## Directions
After finding the line with "fn roll_stream(alloc: Global, kept: &Stream)" in the entries below, retype exactly each line from there through the line with "for version in", including that final line.

Stored dataset items:
##############################

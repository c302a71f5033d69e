//! What a checkpoint of a board has.
ghost use Rattle.std.specs.Prelude.{◌≡◌, ◌≤◌, length, get_or, slice_get, IfOk, IsNone, Some};
ghost use Rattle.btr_tree.specs.Root.{TreeValue};
ghost use Rattle.btr_roll.specs.Roll.{IsRollWithinBounds};
ghost use Rattle.btr_streams.specs.Rolling.{rolled, kept_stream, kept_version};

use crate::board::{Board, Stream, read_at};
use btr_board::Trail;
use btr_roll::{Roll, RollStream, RollVersion};
use std::alloc::{AllocError, Global};

impl Board {
    /// Returns the streams with all their versions, which is what a checkpoint of this board has: `encode_roll` gives its bytes.
    /// The time and the memory are linear in the numbers of streams and of versions. Each version costs at most three lookups in
    /// the lists of its stream, of logarithmic time. An `Err` means out of memory.
    pub fn roll(&self, alloc: Global) -> Result<Roll, AllocError>
        ensures is { IfOk result (λ r. r ≡ rolled self.now) }
        ensures bounds { IfOk result (λ r. IsRollWithinBounds r) }
    {
        let mut streams = Vec::with_capacity(alloc, self.streams.len())?;
        for place in 0..self.streams.len() {
            let Some(kept) = self.streams.get(place) else {
                unreachable!()
            };
            streams.push(roll_stream(alloc, kept)?)?;
        }
        Ok(Roll { streams })
    }
}

/// Returns a stream with its first version that is not retired, and its versions from version 1 on.
fn roll_stream(alloc: Global, kept: &Stream) -> Result<RollStream, AllocError>
    ensures { IfOk result (λ s. s ≡ kept_stream kept.now) }
{
    let mut versions = Vec::with_capacity(alloc, kept.trees.len())?;
    for version in 1..kept.trees.len() {
        let Some(rolled) = roll_version(kept, version) else {
            unreachable!()
        };
        versions.push(rolled)?;
    }
    Ok(RollStream {
        id: kept.id,
        entry: number_at(&kept.numbers, 0),
        spec: kept.spec,
        first: kept.earliest,
        versions,
    })
}

/// Returns a version of a stream, if there is one of this number.
fn roll_version(kept: &Stream, version: usize) -> Option<RollVersion>
    ensures past { IsNone result → length kept.now.trees ≤ version }
    ensures there { (t : TreeValue) → slice_get kept.now.trees version ≡ Some t → result ≡ Some (kept_version kept.now version t) }
{
    let tree = kept.trees.get(version)?;
    Some(RollVersion {
        entry: number_at(&kept.numbers, version),
        root: tree.root(),
        reads: read_at(&kept.reads, version as u64),
    })
}

/// Returns the number at a place, or 0 if there is none.
fn number_at(numbers: &Trail<u64>, place: usize) -> u64
    ensures { result ≡ get_or numbers.now place 0 }
{
    match numbers.get(place) {
        Some(number) => *number,
        None => 0,
    }
}
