//! A retirement: why versions of a stream may not be retired, and the next board with another first version of a stream.
ghost use Rattle.std.specs.Prelude.{◌≡◌, ◌+◌, ◌-◌, ◌^◌, ◌<◌, List, length, IfOk, IfErr, IsNone, OnOk};
ghost use Rattle.btr_hist.specs.declared.entry.Entry.{Entry as EntrySpec};
ghost use Rattle.btr_hist.specs.declared.entry.Entry.TheVariants as entry;
ghost use Rattle.btr_hist.specs.Legal.{first_some, rejection};
ghost use Rattle.btr_entry.specs.Grammar.{IsWithinBounds};
ghost use Rattle.btr_streams.specs.Board.{IsBoardOf, IsGrown};
ghost use Rattle.btr_streams.specs.Rolling.{rolled, kept_stream};
ghost use Rattle.btr_streams.specs.Outline.{outline_in, outlined_in_roll, held_in, held_in_all, held_by_in, retire_refusal};
ghost use Rattle.btr_streams.specs.Stage.{PushCause, IsNextBoard, HasRoomForFirst, SetsEarliest, WritesRetirement, with_earliest};

use crate::board::{Board, PushFault, Stream};
use crate::next_board::{NextBoard, without_nodes};
use crate::refusing::latest_reads;
use btr_hist::{Rejection, least_read};
use std::alloc::{AllocError, Global};

impl Board {
    /// Makes the next board with the versions of a stream before the first retired, if they may be.
    pub(crate) fn stage_retirement(
        &self,
        alloc: Global,
        stream: u32,
        first: u64,
    ) -> Result<NextBoard, PushFault>
        requires few { self.now.entries < 2 ^ 64 - 1 }
        ensures next { (h : List EntrySpec) → IsBoardOf h self.now → IfOk result (λ n. IsNextBoard h (entry.Retire stream first) n.board) }
        ensures cause { (h : List EntrySpec) → IsBoardOf h self.now → IfErr result (PushCause (rejection h (entry.Retire stream first))) }
        ensures counted { IfOk result (λ n. n.board.entries ≡ self.now.entries + 1) }
        ensures bounds { OnOk result (IsWithinBounds (entry.Retire stream first)) }
        ensures writes { IfOk result (λ n. WritesRetirement self.now stream first n.board n.nodes.items n.root) }
    {
        if let Some(why) = self.retire_refusal(stream, first) {
            return Err(PushFault::Rejected(why));
        }
        let board = self.with_earliest(alloc, stream, first)?;
        Ok(without_nodes(alloc, board))
    }

    /// Makes the next board with the versions of a stream before the first retired. Only the path to the stream is made anew.
    pub(crate) fn with_earliest(
        &self,
        alloc: Global,
        stream: u32,
        first: u64,
    ) -> Result<Board, AllocError>
        requires few { self.now.entries < 2 ^ 64 - 1 }
        requires room { HasRoomForFirst self.now stream first }
        ensures counted { IfOk result (λ b. b.entries ≡ self.now.entries + 1) }
        ensures sets { IfOk result (SetsEarliest self.now stream first) }
    {
        let place = stream as usize;
        let Some(kept) = self.streams.get(place) else {
            unreachable!()
        };
        let next = retired_stream(kept, first)?;
        let streams = self.streams.set(alloc, place, next)?;
        let readers = self.readers.share()?;
        let numbers = self.numbers.share()?;
        Ok(Board {
            streams,
            readers,
            numbers,
            entries: self.entries + 1,
        })
    }

    /// Returns why the versions of a stream before the first may not be retired, or `None` if they may.
    pub(crate) fn retire_refusal(&self, stream: u32, first: u64) -> Option<Rejection>
        ensures rolled { result ≡ retire_refusal (outline_in (rolled self.now)) stream first }
        ensures room { IsNone result → HasRoomForFirst self.now stream first }
        ensures some { IsNone result → 0 < first }
    {
        let Some(kept) = self.streams.get(stream as usize) else {
            return Some(Rejection::NoStream);
        };
        let latest = (kept.trees.len() - 1) as u64;
        if first <= kept.earliest || latest < first {
            return Some(Rejection::BadFirst {
                first,
                present: kept.earliest,
                latest,
            });
        }
        self.held(stream, first)
    }

    /// Returns why the output of the least number that holds versions of a stream before the first holds them, or `None`. It looks at
    /// the readers of the stream alone, in logarithmic time for each.
    pub(crate) fn held(&self, stream: u32, first: u64) -> Option<Rejection>
        requires there { stream < length self.now.streams }
        ensures { result ≡ first_some (held_in_all stream first 0 (outline_in (rolled self.now))) }
    {
        let Some(readers) = self.readers.get(stream as usize) else {
            unreachable!()
        };
        for place in 0..readers.len() {
            let Some(output) = readers.get(place) else {
                unreachable!()
            };
            let found = self.held_by_output(stream, first, *output);
            if found.is_some() {
                return found;
            }
        }
        None
    }

    /// Returns why the stream of this number, if there is one, holds the versions of another stream before the first, or `None`.
    pub(crate) fn held_by_output(&self, stream: u32, first: u64, output: u32) -> Option<Rejection>
        ensures { result ≡ held_by_in (outline_in (rolled self.now)) stream first output }
    {
        match self.streams.get(output as usize) {
            Some(kept) => held_by(kept, stream, first, output),
            None => None,
        }
    }
}

/// Returns why a stream of this number holds the versions of another stream before the first, or `None`: it is an output, and its
/// latest version was computed from one of them.
pub(crate) fn held_by(kept: &Stream, stream: u32, first: u64, output: u32) -> Option<Rejection>
    ensures { IsGrown kept.now
        → result ≡ held_in stream first output kept.now.spec (outlined_in_roll (kept_stream kept.now)).reads }
{
    let spec = kept.spec?;
    let version = least_read(stream, &spec, &latest_reads(kept, &spec))?;
    if version < first {
        Some(Rejection::Held { output, version })
    } else {
        None
    }
}

/// Returns a stream with its versions before the first retired. It takes constant time.
pub(crate) fn retired_stream(kept: &Stream, first: u64) -> Result<Stream, AllocError>
    ensures { IfOk result (λ s. s ≡ with_earliest kept.now first) }
{
    Ok(Stream {
        id: kept.id,
        spec: kept.spec,
        trees: kept.trees.share()?,
        reads: kept.reads.share()?,
        numbers: kept.numbers.share()?,
        earliest: first,
    })
}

##############################

## Exercise result
fn roll_stream(alloc: Global, kept: &Stream) -> Result<RollStream, AllocError>
    ensures { IfOk result (λ s. s ≡ kept_stream kept.now) }
{
    let mut versions = Vec::with_capacity(alloc, kept.trees.len())?;
    for version in 1..kept.trees.len() {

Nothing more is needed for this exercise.